(Saved data entries)
/// The instruction of the verb, of the process with this place among the processes.
#[tactic(auto, unfolding(crate::specs::Forms::instr_of))]
fn read_instr(
    alloc: Global,
    known: &Known,
    here: usize,
    verb: Verb,
    line: &Line,
) -> Result<Instr, Stop>
    ensures { Gives (λ i. i) result (instr_of known.now here verb line.now.text line.now.tokens) }
{
    match verb {
        Verb::Send => read_of_two(alloc, known, Verb::Send, line),
        Verb::Set => read_set(alloc, known, line),
        Verb::MakeRef => read_of_variable(alloc, Verb::MakeRef, line),
        Verb::Link => read_of_expr(alloc, known, Verb::Link, line),
        Verb::Unlink => read_of_expr(alloc, known, Verb::Unlink, line),
        Verb::Monitor => read_monitor(alloc, known, line),
        Verb::Demonitor => read_demonitor(alloc, known, line),
        Verb::Alias => read_alias(alloc, line),
        Verb::Unalias => read_of_expr(alloc, known, Verb::Unalias, line),
        Verb::Exit => read_of_expr(alloc, known, Verb::Exit, line),
        Verb::ExitTo => read_of_two(alloc, known, Verb::ExitTo, line),
        Verb::Trap => read_trap(line),
        Verb::Reserve => alone(Instr::Reserve, line),
        Verb::Bind => read_of_variable(alloc, Verb::Bind, line),
        Verb::Clear => read_of_variable(alloc, Verb::Clear, line),
        Verb::Goto => read_goto(known, here, line),
        Verb::Stop => alone(Instr::Stop, line),
    }
}

/// What stands behind the word, for the process with this place among the processes.
#[tactic(auto, unfolding(crate::specs::Forms::form_of))]
fn read_form(
    alloc: Global,
    known: &Known,
    here: usize,
    word: Keyword,
    line: &Line,
) -> Result<Form, Stop>
    ensures { Gives (λ f. f) result (form_of known.now here word line.now.text line.now.tokens) }
{
    match word {
        Keyword::Turns => read_turns(line),
        Keyword::Process => read_name(alloc, line).map(Form::Process),
        Keyword::QueueData => read_queue_data(line).map(Form::QueueData),
        Keyword::Label => read_name(alloc, line).map(Form::Label),
        Keyword::Receive => {
            let using = read_marker(alloc, line)?;
            Ok(Form::Receive { using })
        }
        Keyword::On => read_on(alloc, known, here, line),
        Keyword::After => {
            let target = take_arrow(known, here, line)?;
            Ok(Form::After(After { target }))
        }
        Keyword::End => alone(Form::End, line),
        Keyword::Do(verb) => read_instr(alloc, known, here, verb, line).map(Form::Do),
    }
}

/// Whether a line that begins with the word may stand behind what was read so far.
fn stands(draft: &Draft, word: Keyword) -> bool
    ensures { result ≡ may_stand draft.now word }
{
    match &draft.section {
        Section::Before => word.may_begin(draft.turns),
        Section::Outside(_) => word.may_be_outside(),
        Section::Inside(_, receiving) => word.may_be_inside(receiving.after.is_some()),
    }
}

fn read_behind(
    alloc: Global,
    known: &Known,
    draft: &Draft,
    word: Option<Keyword>,
    line: &Line,
) -> Result<Form, Stop>
    ensures { Gives (λ f. f) result (form_behind known.now draft.now word line.now.text line.now.tokens) }
{
    match word {
        Some(word) if stands(draft, word) => {
            read_form(alloc, known, draft.procs.as_slice().len(), word, line)
        }
        _ => Err(Stop::Fault(FaultKind::Syntax)),
    }
}

#[tactic(auto, unfolding(crate::specs::Forms::said_by))]
fn read_said(alloc: Global, known: &Known, draft: &Draft, line: &Line) -> Result<Option<Form>, Stop>
    ensures { Gives (λ f. f) result (said_by known.now draft.now line.now.text line.now.tokens) }
{
    match line.split_first() {
        None => Ok(None),
        Some((token, rest)) => {
            let word = read_keyword(line.word(token));
            read_behind(alloc, known, draft, word, &rest).map(Some)
        }
    }
}

/// What a line says behind what was read so far, or what is wrong with it. A line without tokens
/// says nothing. The room of the list of tokens is used again.
#[tactic(auto, unfolding(crate::specs::Forms::said))]
pub fn read_line(
    alloc: Global,
    known: &Known,
    draft: &Draft,
    tokens: &mut Tokens,
    text: &[u8],
) -> Result<Option<Form>, Stop>
    ensures { Gives (λ f. f) result (said known.now draft.now text.now) }
{
    read_tokens(alloc, draft.version, tokens, text)?;
    read_said(alloc, known, draft, &Line::new(text, tokens.as_slice()))
}
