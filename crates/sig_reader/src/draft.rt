ghost use Rattle.std.specs.Prelude.{◌≡◌, ◌+◌, ◌<◌, ◌≤◌, ◌^◌, ◌++◌, [], ◌∷◌, length, Ok, Err, All};
ghost use Rattle.sig_tokens.specs.declared.fault.FaultKind.TheVariants.{Syntax};
ghost use Rattle.sig_tokens.specs.declared.fault.Stop.TheVariants.{Fault};
ghost use Rattle.sig_tokens.specs.Faults.{Gives};
ghost use Rattle.sig_program.specs.Scripts.{most_processes};
ghost use Rattle.sig_reader.specs.Drafts.{
  blank,
  open_proc,
  all_procs,
  kept_in,
  bare_proc,
  begun,
  has_room,
  is_bare,
  may_tell,
  labelled,
  with_instr,
  is_marked,
  may_guard,
  with_clause,
  bare_receive,
  taken_at,
  taken,
};
ghost use Rattle.sig_reader.specs.Sections.{inside_of, outside_of, section_taken, clause_placed, data_placed};
ghost use Rattle.sig_reader.specs.Grammar.{finished, line_taken};
ghost use Rattle.sig_reader.specs.Reading.{IsReading, MayEnd};
ghost use Rattle.sig_reader.specs.Fitting.{IsSmall, IsFit};

use crate::form::{Form, read_line};
use crate::reader::ScriptError;
use sig_kinds::QueueData;
use sig_lists::Sequence;
use sig_patterns::{Clause, Clauses, Guard, Pattern, Var, pins};
use sig_program::{
    After, DEFAULT_TURNS, Instr, Label, MOST_TURNS, Receiving, Version, most_processes,
};
use sig_terms::Name;
use sig_tokens::{DraftProc, DraftScript, FaultKind, Known, LabelTable, ProcTable, Stop, Tokens};
use std::alloc::Global;
use std::mem::{drop, replace};

/// Where in a script a line stands.
#[derive(Drop)]
pub enum Section {
    /// Before the first process.
    Before,
    /// In this process, outside a receive.
    Outside(DraftProc),
    /// In a receive of this process, of which so much was read.
    Inside(DraftProc, Receiving),
}

/// What was read so far.
#[derive(Drop)]
pub struct Draft {
    /// The version of the script, which its first line tells.
    pub version: Version,
    /// How many instructions each process may execute, where that was said.
    pub turns: Option<u32>,
    /// The processes before the one that is being read.
    pub procs: ProcTable,
    /// Where the next line stands.
    pub section: Section,
    /// Whether the process that is being read has told where it keeps its messages.
    pub told: bool,
}

impl Draft {
    /// Before the first line behind the header of this version.
    pub fn new(alloc: Global, version: Version) -> Draft
        ensures { result ≡ blank version }
    {
        Draft {
            version,
            turns: None,
            procs: ProcTable::new(alloc),
            section: Section::Before,
            told: false,
        }
    }
}

/// Refuses what can't stand where it is.
fn refuse<T: Drop>(_said: T) -> Result<(), Stop>
    ensures { result ≡ Err (Fault Syntax) }
{
    Err(Stop::Fault(FaultKind::Syntax))
}

/// Lets this section stand in the place of another.
fn enter(section: &mut Section, next: Section)
    ensures { section.new ≡ next }
{
    drop(replace(section, next));
}
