//! The walk down a sure capture: it writes one word for each node.

ghost use Rattle.std.specs.Prelude.{◌*◌, ◌<◌};

use crate::refusal::SureProofError;
use crate::text::{behind, put_vertex, put_word};
use go_base::sides::neighbour;
use go_base::{Bytes, Point, PointSet, Position, Size};
use read_proof::children::{child_after, child_of, passed};
use read_proof::taking_back::{is_captured, taking_back};
use read_rules::{Node, Spot};
use read_zones::zone_of;
use sure_proof::replies_asked;

/// Whether the attacker's play at `p` is one of his candidates, and surely captures with `plies` plies left after it.
fn captures(pos: &Position, node: Node, p: Point, plies: u8) -> bool
    requires { node.turn.target < pos.now.size * pos.now.size }
{
    match child_after(pos, node, Spot::At(p)) {
        Some((next, new)) => zone_of(&new, next, plies).is_some(),
        None => false,
    }
}

/// The first of `points`, in reading order, at which the attacker's play surely captures with `plies` plies left after
/// it.
fn capture_among(pos: &Position, node: Node, points: &PointSet, plies: u8) -> Option<Point>
    requires { node.turn.target < pos.now.size * pos.now.size }
{
    let mut from = 0;
    'plays: while let Some(p) = points.first_from(from) {
        if captures(pos, node, p, plies) {
            return Some(p);
        }
        from = p + 1;
    }
    None
}

/// The first point of the board, in reading order, that is not in `points` and at which the attacker's play surely
/// captures with `plies` plies left after it.
fn capture_outside(pos: &Position, node: Node, points: &PointSet, plies: u8) -> Option<Point>
    requires { node.turn.target < pos.now.size * pos.now.size }
{
    for p in 0..pos.size().points() {
        if !points.has(p) && captures(pos, node, p, plies) {
            return Some(p);
        }
    }
    None
}

/// Whether some neighbour of `p` is in `points`.
fn is_beside(size: Size, points: &PointSet, p: Point) -> bool
    requires { p < size * size }
{
    for side in 0..4 {
        match neighbour(size, p, side) {
            Some(q) => {
                if points.has(q) {
                    return true;
                }
            }
            None => {}
        }
    }
    false
}

/// The points of `points` and their neighbours.
fn with_neighbours(size: Size, points: &PointSet) -> PointSet {
    let mut wider = PointSet::new();
    for p in 0..size.points() {
        if points.has(p) || is_beside(size, points, p) {
            wider.add(p);
        }
    }
    wider
}

/// A point at which the attacker's play surely captures. The liberties of the target are tried first, and then the
/// points next to them: few points show that these are candidates, and so the proof asks for few replies.
fn nearest_capture(pos: &Position, node: Node, plies: u8) -> Option<Point>
    requires { node.turn.target < pos.now.size * pos.now.size }
{
    let liberties = pos.liberty_points(node.turn.target);
    if let Some(p) = capture_among(pos, node, &liberties, plies) {
        return Some(p);
    }
    let near = with_neighbours(pos.size(), &liberties);
    match capture_among(pos, node, &near.difference(&liberties), plies) {
        Some(p) => Some(p),
        None => capture_outside(pos, node, &near, plies),
    }
}

/// Writes the vertex of `p`, and the proof of the child to which the mover's play there leads; nothing if the play
/// cannot be made.
#[cycle(write)]
fn write_play(
    pos: &Position,
    node: Node,
    p: Point,
    plies: u8,
    out: &mut Bytes,
) -> Result<(), SureProofError>
    requires { node.turn.target < pos.now.size * pos.now.size }
{
    if p >= pos.size().points() {
        return Err(SureProofError::NotFound);
    }
    match child_of(pos, node, p) {
        Some((next, new)) => {
            put_vertex(out, pos.size(), p)?;
            write_node(&new, next, plies, out)
        }
        None => Ok(()),
    }
}

/// Writes the replies at the points of `asked`, each with the proof of its child.
#[cycle(write)]
fn write_replies(
    pos: &Position,
    node: Node,
    asked: &PointSet,
    plies: u8,
    out: &mut Bytes,
) -> Result<(), SureProofError>
    requires { node.turn.target < pos.now.size * pos.now.size }
{
    let mut from = 0;
    'replies: while let Some(p) = asked.first_from(from) {
        write_play(pos, node, p, plies, out)?;
        from = p + 1;
    }
    Ok(())
}

/// Writes the proof of a node at the defender's turn, with `plies` plies left after his move.
#[cycle(write)]
fn write_defence(
    pos: &Position,
    node: Node,
    plies: u8,
    out: &mut Bytes,
) -> Result<(), SureProofError>
    requires { node.turn.target < pos.now.size * pos.now.size }
{
    put_word(out, b"*")?;
    let start = out.as_slice().len();
    let (next, new) = passed(pos, node);
    write_node(&new, next, plies, out)?;
    match replies_asked(pos, node, plies, behind(out.as_slice(), start)) {
        Some(asked) => write_replies(pos, node, &asked, plies, out)?,
        None => return Err(SureProofError::NotFound),
    }
    put_word(out, b";")
}

/// Writes the proof of a node at the attacker's turn, with `plies` plies left after his move.
#[cycle(write)]
fn write_attack(
    pos: &Position,
    node: Node,
    plies: u8,
    out: &mut Bytes,
) -> Result<(), SureProofError>
    requires { node.turn.target < pos.now.size * pos.now.size }
{
    match nearest_capture(pos, node, plies) {
        Some(p) => write_play(pos, node, p, plies, out),
        None => Err(SureProofError::NotFound),
    }
}

/// Writes the proof of a node at which the target is taken: `.`, or, if the defender can take it back, the vertex of
/// that play and the proof of its child.
#[cycle(write)]
fn write_taken(pos: &Position, node: Node, plies: u8, out: &mut Bytes) -> Result<(), SureProofError>
    requires { node.turn.target < pos.now.size * pos.now.size }
{
    match taking_back(pos, node) {
        Some((next, new)) => {
            if plies == 0 {
                return Err(SureProofError::NotFound);
            }
            put_vertex(out, pos.size(), node.turn.target)?;
            write_node(&new, next, plies - 1, out)
        }
        None => put_word(out, b"."),
    }
}

/// Writes the proof of a node at which the target is surely captured, with `plies` plies left.
#[cycle(write)]
fn write_node(pos: &Position, node: Node, plies: u8, out: &mut Bytes) -> Result<(), SureProofError>
    requires { node.turn.target < pos.now.size * pos.now.size }
{
    if is_captured(pos, node) {
        return write_taken(pos, node, plies, out);
    }
    if plies == 0 {
        return Err(SureProofError::NotFound);
    }
    if node.turn.attacker_to_play {
        write_attack(pos, node, plies - 1, out)
    } else {
        write_defence(pos, node, plies - 1, out)
    }
}

/// Writes the proof of the first node, at which the target is surely captured. If the attacker is to play, the proof
/// begins with the first point in reading order at which his play surely captures.
pub(crate) fn write_first(
    pos: &Position,
    node: Node,
    plies: u8,
    out: &mut Bytes,
) -> Result<(), SureProofError>
    requires { node.turn.target < pos.now.size * pos.now.size }
{
    if plies == 0 || !node.turn.attacker_to_play {
        return write_node(pos, node, plies, out);
    }
    match capture_outside(pos, node, &PointSet::new(), plies - 1) {
        Some(p) => write_play(pos, node, p, plies - 1, out),
        None => Err(SureProofError::NotFound),
    }
}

WHAT IS REQUIRED: With the string "blank" as the key, filter the data above and show the lines that match.

OUTPUT FOR THIS EXERCISE:
  blank,
        ensures { result ≡ blank version }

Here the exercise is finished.